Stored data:

//! Numbers and registers.

ghost use Rattle.std.specs.Prelude.{◌≡◌, ◌+◌, ◌%◌, ◌^◌, ◌<◌, ◌≤◌, true, length, slice_index};
ghost use Rattle.gba_numbers.specs.Fields.{is_board_field};
ghost use Rattle.gba_numbers.specs.Numbers.{value_of};
ghost use Rattle.gba_numbers.specs.declared.fields.Field.TheVariants.{Board, Register};
ghost use Rattle.gba_loose_devices.specs.Sound.{queue_in};
ghost use Rattle.gba_loose_devices.specs.Values.{half_at, is_set, number_cut, word_at};

use gba_numbers::{BoardField, Field, Numbers};

/// A number of the board.
#[tactic(auto, using(crate::proofs::There::number_there), unfolding(gba_numbers::specs::Fields::is_field))]
pub(crate) fn number(numbers: &Numbers, field: BoardField) -> u64
    requires { is_board_field field ≡ true }
    ensures { result ≡ value_of (Board field) numbers.now }
{
    numbers.value(Field::Board(field))
}

/// One that is a truth: 1 for true.
pub(crate) fn truth(numbers: &Numbers, field: BoardField) -> bool
    requires { is_board_field field ≡ true }
    ensures { result ≡ is_set field numbers.now }
{
    number(numbers, field) == 1
}

/// One that is a byte.
pub(crate) fn byte_number(numbers: &Numbers, field: BoardField) -> u8
    requires { is_board_field field ≡ true }
    ensures { result ≡ number_cut 8 field numbers.now }
{
    (number(numbers, field) % 0x100) as u8
}

/// One that is a halfword.
pub(crate) fn half_number(numbers: &Numbers, field: BoardField) -> u16
    requires { is_board_field field ≡ true }
    ensures { result ≡ number_cut 16 field numbers.now }
{
    (number(numbers, field) % 0x1_0000) as u16
}

/// One that is a word.
pub(crate) fn word_number(numbers: &Numbers, field: BoardField) -> u32
    requires { is_board_field field ≡ true }
    ensures { result ≡ number_cut 32 field numbers.now }
{
    (number(numbers, field) % 0x1_0000_0000) as u32
}

/// A register of the processor, by its number below 37.
#[tactic(auto, unfolding(gba_numbers::specs::Fields::is_field, gba_numbers::specs::Fields::place_of, gba_numbers::specs::Numbers::is_there))]
pub(crate) fn register(numbers: &Numbers, register: u32) -> u32
    requires { register < 37 }
    ensures { result ≡ value_of (Register register) numbers.now % 2 ^ 32 }
{
    (numbers.value(Field::Register(register)) % 0x1_0000_0000) as u32
}

/// How many bytes a sound queue holds, 0 for A and 1 for B: 32 at most.
#[tactic(auto, unfolding(gba_numbers::specs::Fields::is_board_field))]
pub(crate) fn count_number(numbers: &Numbers, queue: u32) -> u32
    requires { queue < 2 }
    ensures count { result ≡ length (queue_in queue numbers.now) }
    ensures few { result ≤ 32 }
{
    numbers.is_whole();
    number(numbers, BoardField::QueueLength(queue)) as u32
}

/// One of them, the oldest at place 0.
pub(crate) fn queue_byte(numbers: &Numbers, queue: u32, place: u32) -> u8
    requires queue { queue < 2 }
    requires place { place < length (queue_in queue numbers.now) }
    ensures { result ≡ slice_index (queue_in queue numbers.now) place % 2 ^ 8 }
{
    numbers.is_whole();
    let field = Field::QueueByte { queue, place };
    (numbers.value(field) % 0x100) as u8
}

/// The halfword at an offset of the I/O registers.
pub(crate) fn half(io: &[u8; 1024], offset: usize) -> u16
    requires { offset + 1 < 1024 }
    ensures { result ≡ half_at offset io.now }
{
    u16::from_le_bytes([io[offset], io[offset + 1]])
}

/// The word there.
pub(crate) fn word(io: &[u8; 1024], offset: usize) -> u32
    requires { offset + 3 < 1024 }
    ensures { result ≡ word_at offset io.now }
{
    u32::from(half(io, offset)) + 0x1_0000 * u32::from(half(io, offset + 2))
}
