//! The devices and the board together.

ghost use Rattle.std.specs.Prelude.{◌≡◌};
ghost use Rattle.gba_devices.specs.Parts.{devices_of};
ghost use Rattle.gba_serial.specs.Making.{IsSeat};
ghost use Rattle.gba_loose_devices.specs.Whole.{AreSoundDevices, board_poured, counts_poured, devices_poured};

use crate::audio::{sound, tones};
use crate::cable::serial;
use crate::units::{channels, interrupts, keypad, timers};
use crate::values::{half, truth};
use crate::video::{picture, place};
use gba_devices::{DeviceParts, Devices};
use gba_io::{BoardParts, Counts};
use gba_numbers::{BoardField, Field, Numbers};
use gba_serial::Seat;
use gba_word::bit;

/// The devices one by one.
#[tactic(auto, unfolding(gba_numbers::specs::Fields::is_board_field, gba_numbers::specs::Fields::is_field, gba_numbers::specs::Fields::place_of, gba_numbers::specs::Numbers::is_there))]
fn parts(numbers: &Numbers, io: &[u8; 1024]) -> DeviceParts
    requires { AreSoundDevices numbers.now io.now }
    ensures { result ≡ devices_poured numbers.now io.now }
{
    DeviceParts {
        clock: numbers.value(Field::Clock),
        timers: timers(numbers),
        queues: sound(numbers, io),
        tones: tones(numbers, io),
        channels: channels(numbers, io),
        place: place(numbers),
        picture: picture(numbers, io),
        interrupts: interrupts(io),
        keypad: keypad(io),
        waits: half(io, 0x204),
        posted: bit(u32::from(half(io, 0x300)), 0),
        halted: truth(numbers, BoardField::Halted),
    }
}

/// The devices of a console's numbers and of the bytes of its I/O registers. They owe no cycle, and the accesses of the
/// next step are priced by WAITCNT as it is.
pub fn devices(numbers: &Numbers, io: &[u8; 1024]) -> Devices
    requires { AreSoundDevices numbers.now io.now }
    ensures { result ≡ devices_of (devices_poured numbers.now io.now) }
{
    Devices::of(parts(numbers, io))
}

/// How much the console has made.
#[tactic(auto, unfolding(gba_numbers::specs::Fields::is_field, gba_numbers::specs::Fields::place_of, gba_numbers::specs::Numbers::is_there))]
fn counts(numbers: &Numbers) -> Counts
    ensures { result ≡ counts_poured numbers.now }
{
    Counts {
        frames: numbers.value(Field::Frames),
        samples: numbers.value(Field::Samples),
        words: numbers.value(Field::Words),
    }
}

/// What a board is made of beside its memories and the lines that are drawn, for a console with a seat.
pub fn board(seat: Seat, numbers: &Numbers, io: &[u8; 1024]) -> BoardParts
    requires seat { IsSeat seat }
    requires devices { AreSoundDevices numbers.now io.now }
    ensures { result ≡ board_poured seat numbers.now io.now }
{
    BoardParts {
        devices: devices(numbers, io),
        serial: serial(seat, numbers, io),
        counts: counts(numbers),
    }
}
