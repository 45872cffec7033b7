//! Direct sound and the tone channels.

ghost use Rattle.std.specs.Prelude.{◌≡◌, ◌<◌, ◌≤◌, true};
ghost use Rattle.arrayvec.specs.ArrayVec.{array_vec_len};
ghost use Rattle.gba_numbers.specs.Fields.{is_board_field};
ghost use Rattle.gba_psg.specs.Soundness.{AreSound};
ghost use Rattle.gba_loose_devices.specs.Sound.{queue_in, queue_poured, sound_poured, tone_field as tone_field_of, tone_halves as tone_halves_of, tone_numbers as tone_numbers_of, tones_poured, wave_in};
ghost use Rattle.gba_loose_devices.specs.Values.{bytes_cut};

use crate::values::{byte_number, count_number, half, queue_byte, word_number};
use arrayvec::ArrayVec;
use gba_numbers::{BoardField, Numbers};
use gba_psg::Tones;
use gba_sound::{Queue, Queues};
use gba_word::{bit, bits};

/// The bytes that a sound queue holds.
fn queue_bytes(numbers: &Numbers, queue: u32) -> ArrayVec<u8, 32>
    requires { queue < 2 }
    ensures items { result.items ≡ bytes_cut (queue_in queue numbers.now) }
    ensures few { array_vec_len result ≤ 32 }
{
    let mut bytes = ArrayVec::new();
    for place in 0..count_number(numbers, queue) {
        bytes.push(queue_byte(numbers, queue, place));
    }
    bytes
}

/// A sound queue, 0 for A and 1 for B.
#[tactic(auto, unfolding(gba_numbers::specs::Fields::is_board_field))]
fn queue(numbers: &Numbers, queue: u32) -> Queue
    requires { queue < 2 }
    ensures { result ≡ queue_poured queue numbers.now }
{
    let bytes = queue_bytes(numbers, queue);
    let current = byte_number(numbers, BoardField::QueueCurrent(queue));
    Queue::of(bytes.as_slice(), current)
}

/// Direct sound: the bytes of its queues are numbers of their own, and its registers stand among the I/O registers.
pub fn sound(numbers: &Numbers, io: &[u8; 1024]) -> Queues
    ensures { result ≡ sound_poured numbers.now io.now }
{
    let is_on = bit(u32::from(half(io, 0x084)), 7);
    Queues::of(
        queue(numbers, 0),
        queue(numbers, 1),
        half(io, 0x082),
        is_on,
        half(io, 0x088),
    )
}

/// Which of a console's numbers is which of the tones'.
#[tactic(auto, unfolding(crate::specs::Sound::tone_field, gba_numbers::specs::Fields::is_board_field))]
fn tone_field(place: u32) -> BoardField
    requires { place < 33 }
    ensures field { result ≡ tone_field_of place }
    ensures known { is_board_field result ≡ true }
{
    if place == 0 {
        BoardField::Sequencer
    } else {
        BoardField::Tone {
            tone: (place - 1) / 8 + 1,
            part: (place - 1) % 8,
        }
    }
}

/// The tones' numbers.
pub(crate) fn tone_numbers(numbers: &Numbers) -> [u32; 33]
    ensures { result ≡ tone_numbers_of numbers.now }
{
    let mut values = [0; 33];
    for place in 0..33 {
        values[place] = word_number(numbers, tone_field(place as u32));
    }
    values
}

/// The bytes of a bank of the wave.
#[tactic(auto, unfolding(gba_numbers::specs::Fields::is_board_field))]
fn wave(numbers: &Numbers, bank: u32) -> [u8; 16]
    requires { bank < 2 }
    ensures { result ≡ bytes_cut (wave_in bank numbers.now) }
{
    numbers.is_whole();
    let mut bytes = [0; 16];
    for place in 0..16 {
        let field = BoardField::WaveByte {
            bank,
            place: place as u32,
        };
        bytes[place] = byte_number(numbers, field);
    }
    bytes
}

/// The tones' halfwords.
#[tactic(auto, unfolding(crate::specs::Sound::tone_halves))]
pub(crate) fn tone_halves(io: &[u8; 1024]) -> [u16; 13]
    ensures { result ≡ tone_halves_of io.now }
{
    [
        half(io, 0x060),
        half(io, 0x062),
        half(io, 0x064),
        half(io, 0x068),
        half(io, 0x06C),
        half(io, 0x070),
        half(io, 0x072),
        half(io, 0x074),
        half(io, 0x078),
        half(io, 0x07C),
        half(io, 0x080),
        bits(u32::from(half(io, 0x082)), 0, 2) as u16,
        half(io, 0x084),
    ]
}

/// The tone channels: their numbers and both banks of the wave are numbers of their own, and their registers stand
/// among the I/O registers. They have to be sound.
pub fn tones(numbers: &Numbers, io: &[u8; 1024]) -> Tones
    requires { AreSound (tones_poured numbers.now io.now) }
    ensures { result ≡ tones_poured numbers.now io.now }
{
    let values = tone_numbers(numbers);
    let bank0 = wave(numbers, 0);
    let bank1 = wave(numbers, 1);
    Tones::of(&values, &bank0, &bank1, &tone_halves(io))
}
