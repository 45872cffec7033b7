#![tactic(auto)]
//! Devices of the numbers that a frozen file has of a console, and of the bytes of its I/O registers.

mod audio;
mod cable;
mod checks;
mod processor;
mod units;
mod values;
mod video;
mod whole;

pub use audio::{sound, tones};
pub use cable::serial;
pub use checks::{are_sound_devices, has_status, runs_are_enabled, tones_are_sound};
pub use processor::registers;
pub use units::{channels, interrupts, keypad, timers};
pub use video::{picture, place};
pub use whole::{board, devices};
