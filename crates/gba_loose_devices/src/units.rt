//! Timers, DMA channels, interrupts and the keypad.

ghost use Rattle.std.specs.Prelude.{◌≡◌, ◌<◌};
ghost use Rattle.gba_dma.specs.Consistency.{RunsAreEnabled};
ghost use Rattle.gba_loose_devices.specs.Devices.{channel_poured, channels_poured, interrupts_poured, keys_poured, timer_poured, timers_poured};

use crate::values::{half, half_number, truth, word, word_number};
use gba_dma::{Channel, Channels};
use gba_irq::{Interrupts, Keypad};
use gba_numbers::{BoardField, Numbers};
use gba_timer::{Timer, Timers};
use gba_word::{bit, bits};

/// A timer by its number, which is below 4.
#[tactic(auto, unfolding(gba_numbers::specs::Fields::is_board_field))]
fn timer(numbers: &Numbers, timer: u32) -> Timer
    requires { timer < 4 }
    ensures { result ≡ timer_poured timer numbers.now }
{
    Timer {
        counter: half_number(numbers, BoardField::TimerCounter(timer)),
        reload: half_number(numbers, BoardField::TimerReload(timer)),
        control: half_number(numbers, BoardField::TimerControl(timer)),
        phase: half_number(numbers, BoardField::TimerPhase(timer)),
    }
}

/// The four timers, which have no number in the I/O registers that isn't one of their own.
#[tactic(auto, unfolding(crate::specs::Devices::timers_poured))]
pub fn timers(numbers: &Numbers) -> Timers
    ensures { result ≡ timers_poured numbers.now }
{
    Timers::of(
        timer(numbers, 0),
        timer(numbers, 1),
        timer(numbers, 2),
        timer(numbers, 3),
    )
}

/// A DMA channel by its number, which is below 4.
#[tactic(auto, unfolding(gba_numbers::specs::Fields::is_board_field))]
pub(crate) fn channel(numbers: &Numbers, io: &[u8; 1024], channel: u32) -> Channel
    requires { channel < 4 }
    ensures { result ≡ channel_poured channel numbers.now io.now }
{
    let place = 12 * channel as usize;
    Channel {
        source: word(io, 0xB0 + place),
        target: word(io, 0xB4 + place),
        count: half(io, 0xB8 + place),
        control: half(io, 0xBA + place),
        active: truth(numbers, BoardField::DmaActive(channel)),
        first: truth(numbers, BoardField::DmaFirst(channel)),
        inner_source: word_number(numbers, BoardField::DmaSource(channel)),
        inner_target: word_number(numbers, BoardField::DmaTarget(channel)),
        left: word_number(numbers, BoardField::DmaLeft(channel)),
    }
}

/// The four DMA channels: what was written to them stands in the I/O registers, and their runs are numbers of their
/// own. An active one has to be enabled.
#[tactic(auto, unfolding(crate::specs::Devices::channels_poured))]
pub fn channels(numbers: &Numbers, io: &[u8; 1024]) -> Channels
    requires { RunsAreEnabled (channels_poured numbers.now io.now) }
    ensures { result ≡ channels_poured numbers.now io.now }
{
    Channels::of(
        channel(numbers, io, 0),
        channel(numbers, io, 1),
        channel(numbers, io, 2),
        channel(numbers, io, 3),
    )
}

/// IE, IF and IME, as they stand in the I/O registers.
pub fn interrupts(io: &[u8; 1024]) -> Interrupts
    ensures { result ≡ interrupts_poured io.now }
{
    Interrupts {
        enabled: half(io, 0x200),
        raised: half(io, 0x202),
        master: bit(u32::from(half(io, 0x208)), 0),
    }
}

/// The pressed keys, which are 0 in KEYINPUT, and KEYCNT, as they stand in the I/O registers.
pub fn keypad(io: &[u8; 1024]) -> Keypad
    ensures { result ≡ keys_poured io.now }
{
    let free = bits(u32::from(half(io, 0x130)), 0, 10) as u16;
    Keypad::of(0x3FF - free, half(io, 0x132))
}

» WHAT YOU WILL DO: Pull every line containing "have" out of the entries.

» EXERCISE RESULT:
/// among the I/O registers. They have to be sound.
/// The four timers, which have no number in the I/O registers that isn't one of their own.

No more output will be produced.